/Comparison-of-Classifiers

Implement classifiers and compare performance achieved by each classifiers

Primary LanguagePython

Implement Classifiers and Compare Performance Achieved

Description

Course: Data Mining and Knowledge Discovery (Fall 2021)
Task: Implement Decision Tree, KNN and Random Forest and compare the performance achieved by different classifiers

Given a decision tree, classifying a test instance is straightforward. Starting from the root node, we apply its attribute test condition and follow the appropriate branch based on the outcome of the test. This will lead us either to another internal node, for which a new attribute test condition is applied, or to a leaf node. Once a leaf node is reached, we assign the class label associated with the node to the test instance.

Tan, Pang-Ning, et al. Introduction to Data Mining EBook: Global Edition, Pearson Education, Limited, 2019.

A nearest neighbor classifier represents each example as a data point in a d -dimensional space, where d is the number of attributes. Given a test instance, we compute its proximity to the training instances according to one of the proximity measures described in Section 2.4 on page 91. The k -nearest neighbors of a given test instance z refer to the k training examples that are closest to z .

Tan, Pang-Ning, et al. Introduction to Data Mining EBook: Global Edition, Pearson Education, Limited, 2019.

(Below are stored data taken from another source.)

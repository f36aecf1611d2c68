//! Reads the words of the command line.
ghost use Rattle.std.specs.Prelude.{◌≡◌, true, None, codes, map, option_map, IfOk, IfErr};
ghost use Rattle.std.specs.Option.{MatchOption};
ghost use Rattle.clap.specs.Matches.{found_of};
ghost use Rattle.clap.specs.Words.{FailsBy, fault_of, first_of, kind_of, rows_of, subcommand_rows_of, takes};
ghost use Rattle.lsr_words.specs.declared.words.Asked.{Asked};
ghost use Rattle.lsr_words.specs.Words.{AreAll, Asks, AsksFor, AsksIn, is_given, lsr_words};

use crate::command::command;
use crate::table::{
    CHECK, CONFIG, CONFIG_OPTION, CONSOLE, DECODE, ECHO, EXPLAIN, FIELDS, FILE, HEX, JOURNAL, LAB,
    LIVE, LOG, MARK, PLAY, SERVE, SHOW_JOURNAL, STEP, TURNS, WHAT,
};
use clap::ArgMatches;
use clap::error::{Error, ErrorKind};
use std::alloc::{AllocError, Global};
use std::convert::AsStr;

/// What the words ask for.
#[derive(Debug, Drop)]
pub enum Asked<'a> {
    /// `step`: lines are answered by a router.
    Step {
        /// The name of the router's file; without one the built-in router answers.
        file: Option<&'a str>,
        /// Whether each line is printed before its answers, and comments and empty lines are passed over.
        echo: bool,
        /// Whether each line is answered as soon as it has come, and a bad line doesn't end the run.
        live: bool,
        /// The name of the file that the run is recorded in; without one it isn't recorded.
        journal: Option<&'a str>,
    },
    /// `config [FILE]`: the configuration of the file of this name is printed; without one the built-in router's.
    Config(Option<&'a str>),
    /// `decode HEX`: the word is decoded; `-` stands for the lines of the input, and a word with `.` or `/` in it for a
    /// capture file.
    Decode {
        /// The word.
        word: &'a str,
        /// Whether the fields of each object are printed by name, too.
        fields: bool,
    },
    /// `explain WHAT..`: what these words name, or a line in which it is told, is explained. There is one word at least.
    Explain(Vec<&'a str>),
    /// `serve FILE`: the router of the file of this name serves its links over sockets.
    Serve {
        /// The file's name.
        file: &'a str,
        /// How many turns each link has, as the words give it; none where they give no number.
        turns: Option<&'a str>,
        /// What the names of the files begin with that the run is recorded in; without it it isn't recorded.
        journal: Option<&'a str>,
        /// Whether an operator's lines are answered, until the run is told to end.
        console: bool,
        /// Whether what an operator's line has the router send is printed, too.
        echo: bool,
        /// Whether an end mark is printed after each answer to an operator.
        mark: bool,
        /// How much is told of what happens, as the words give it.
        log: Option<&'a str>,
    },
    /// `play FILE`: the world of the file of this name is played.
    Play {
        /// The file's name.
        file: &'a str,
        /// Whether lines are taken, too, that remark something, show what a router knows, or deliver all frames.
        lab: bool,
    },
    /// `check FILE..`: the recorded runs of the files of these names are checked, in this order. There is one at least.
    Check(Vec<&'a str>),
    /// `show-journal FILE`: the entries of the recorded run of the file of this name are printed.
    ShowJournal(&'a str),
}

/// What an option without a value is given as, where it is given.
const GIVEN: &str = "true";

/// Whether an option without a value is given.
fn is_given(found: Option<&str>) -> bool
    ensures { result ≡ is_given (option_map (λ f. f.now) found.entry) }
{
    match found {
        Some(word) => word == GIVEN,
        None => false,
    }
}

/// What `step` asks for.
fn step_asked<'a>(given: &ArgMatches<'a>) -> Asked<'a>
    ensures { Asks (codes "step") (rows_of (found_of given.now)) result }
{
    Asked::Step {
        file: given.get_str(CONFIG_OPTION),
        echo: is_given(given.get_str(ECHO)),
        live: is_given(given.get_str(LIVE)),
        journal: given.get_str(JOURNAL),
    }
}

/// What `serve` asks for; none without its file.
fn serve_asked<'a>(given: &ArgMatches<'a>) -> Option<Asked<'a>>
    ensures { MatchOption result
        (first_of (codes "FILE") (rows_of (found_of given.now)) ≡ None)
        (Asks (codes "serve") (rows_of (found_of given.now))) }
{
    match given.get_str(FILE) {
        Some(file) => Some(Asked::Serve {
            file,
            turns: given.get_str(TURNS),
            journal: given.get_str(JOURNAL),
            console: is_given(given.get_str(CONSOLE)),
            echo: is_given(given.get_str(ECHO)),
            mark: is_given(given.get_str(MARK)),
            log: given.get_str(LOG),
        }),
        None => None,
    }
}

/// All that was given for this word; none where nothing was. The only error is that memory ran out.
fn several<'a>(
    alloc: Global,
    given: &ArgMatches<'a>,
    name: &str,
) -> Result<Option<Vec<&'a str>>, AllocError>
    ensures { IfOk result (λ words. MatchOption words
        (first_of name.now (rows_of (found_of given.now)) ≡ None)
        (λ all. AreAll name.now (rows_of (found_of given.now)) all.items)) }
{
    match given.get_strs(name) {
        Some(words) if !words.is_empty() => Ok(Some(words.to_vec(alloc)?)),
        _ => Ok(None),
    }
}

/// What a command asks for with what was given; none where a word lacks that it can't do without, or no command has this name.
/// The only error is that memory ran out.
fn asked_by<'a>(
    alloc: Global,
    command: &str,
    given: &ArgMatches<'a>,
) -> Result<Option<Asked<'a>>, AllocError>
    ensures { IfOk result (λ asked. MatchOption asked
        ((other : Asked) → ¬ Asks command.now (rows_of (found_of given.now)) other)
        (Asks command.now (rows_of (found_of given.now)))) }
{
    match command {
        STEP => Ok(Some(step_asked(given))),
        CONFIG => Ok(Some(Asked::Config(given.get_str(FILE)))),
        DECODE => match given.get_str(HEX) {
            Some(word) => Ok(Some(Asked::Decode {
                word,
                fields: is_given(given.get_str(FIELDS)),
            })),
            None => Ok(None),
        },
        EXPLAIN => match several(alloc, given, WHAT)? {
            Some(words) => Ok(Some(Asked::Explain(words))),
            None => Ok(None),
        },
        SERVE => Ok(serve_asked(given)),
        PLAY => match given.get_str(FILE) {
            Some(file) => Ok(Some(Asked::Play {
                file,
                lab: is_given(given.get_str(LAB)),
            })),
            None => Ok(None),
        },
        CHECK => match several(alloc, given, FILE)? {
            Some(files) => Ok(Some(Asked::Check(files))),
            None => Ok(None),
        },
        SHOW_JOURNAL => match given.get_str(FILE) {
            Some(file) => Ok(Some(Asked::ShowJournal(file))),
            None => Ok(None),
        },
        _ => Ok(None),
    }
}

/// What the matches of the program's words ask for; none where they name no command. The only error is that memory ran out.
fn asked_in<'a>(alloc: Global, matches: &ArgMatches<'a>) -> Result<Option<Asked<'a>>, AllocError>
    ensures { IfOk result (λ asked. MatchOption asked
        ((other : Asked) → ¬ AsksIn (subcommand_rows_of matches.now) other)
        (AsksIn (subcommand_rows_of matches.now))) }
{
    match matches.subcommand() {
        Some((command, given)) => asked_by(alloc, command, given),
        None => Ok(None),
    }
}

/// What the words ask for, the first of which is the program's own name; none where they name no command. The error
/// is why they aren't taken, the help that they ask for, or that memory ran out.
pub fn read_words<'a, S: AsStr>(alloc: Global, words: &'a [S]) -> Result<Option<Asked<'a>>, Error>
    ensures asked { IfOk result (λ asked. MatchOption asked
        ((other : Asked) → ¬ AsksFor (map S.text words.entry.now) other)
        (AsksFor (map S.text words.entry.now))) }
    ensures taken { IfErr result (λ fault. takes lsr_words (map S.text words.entry.now) ≡ true → kind_of fault ≡ ErrorKind.OutOfMemory) }
    ensures kinds { FailsBy (fault_of lsr_words (map S.text words.entry.now)) result }
{
    match command(alloc)?.try_get_matches_from(words) {
        Ok(matches) => Ok(asked_in(alloc, &matches)?),
        Err(fault) => Err(fault),
    }
}
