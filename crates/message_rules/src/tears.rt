//! What a PathTear and a PathErr match (RFC 2205, 3.1.5 and 3.1.7).

ghost use Rattle.std.specs.Prelude.{◌≡◌, IfOk};
ghost use Rattle.explicit_routes.specs.Below.paths.Tears.{is_from, is_torn_by, leaves_by, origins_without};

use crate::wanted::goes_on;
use lsr_facts::{Origin, PathFact, Via};
use rsvp_contents::PathTear;
use sorted_rows::{Table, TryCopy};
use std::alloc::{AllocError, Global};
use std::net::Ipv4Addr;

/// Whether the origin is the neighbour of this address, over this link. Its interface handle doesn't count.
pub fn is_from(link: u16, neighbour: Ipv4Addr, origin: &Origin) -> bool
    ensures { result ≡ is_from link neighbour origin.now }
{
    match origin.via {
        Via::Link(number) => number == link && origin.hop.address == neighbour,
        Via::Stack => false,
    }
}

/// Whether the path has the origin that a PathTear over this link speaks of: that of its sender, over the same
/// link from the same neighbour address. The interface handle doesn't count.
pub fn is_torn_by(link: u16, tear: &PathTear, fact: &PathFact) -> bool
    ensures { result ≡ is_torn_by link tear.now fact.now }
{
    match fact.origins.get(&tear.sender.sender) {
        Some(origin) => is_from(link, tear.hop.address, origin),
        None => false,
    }
}

/// A copy of the path's origins but that of the sender. The only error is out of memory.
pub fn origins_without(
    alloc: Global,
    sender: Ipv4Addr,
    fact: &PathFact,
) -> Result<Table<Ipv4Addr, Origin>, AllocError>
    ensures { IfOk result (λ origins. origins ≡ origins_without sender fact.now) }
{
    let mut origins = fact.origins.try_copy(alloc)?;
    origins.remove(&sender);
    Ok(origins)
}

/// Whether the path leaves by this link: it goes on, and this is its link out.
#[tactic(auto, unfolding(explicit_routes::specs::Unfolded::leaves_by))]
pub fn leaves_by(link: u16, fact: &PathFact) -> bool
    ensures { result ≡ leaves_by link fact.now }
{
    goes_on(fact.role) && fact.out_link == link
}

Random forests attempt to improve the generalization performance by constructing an ensemble of decorrelated decision trees. Random forests build on the idea of bagging to use a different bootstrap sample of the training data for learning decision trees. However, a key distinguishing feature of random forests from bagging is that at every internal node of a tree, the best splitting criterion is chosen among a small set of randomly selected attributes. In this way, random forests construct ensembles of decision trees by not only manipulating training instances (by using bootstrap samples similar to bagging), but also the input attributes (by using different subsets of attributes at every internal node).

Tan, Pang-Ning, et al. Introduction to Data Mining EBook: Global Edition, Pearson Education, Limited, 2019.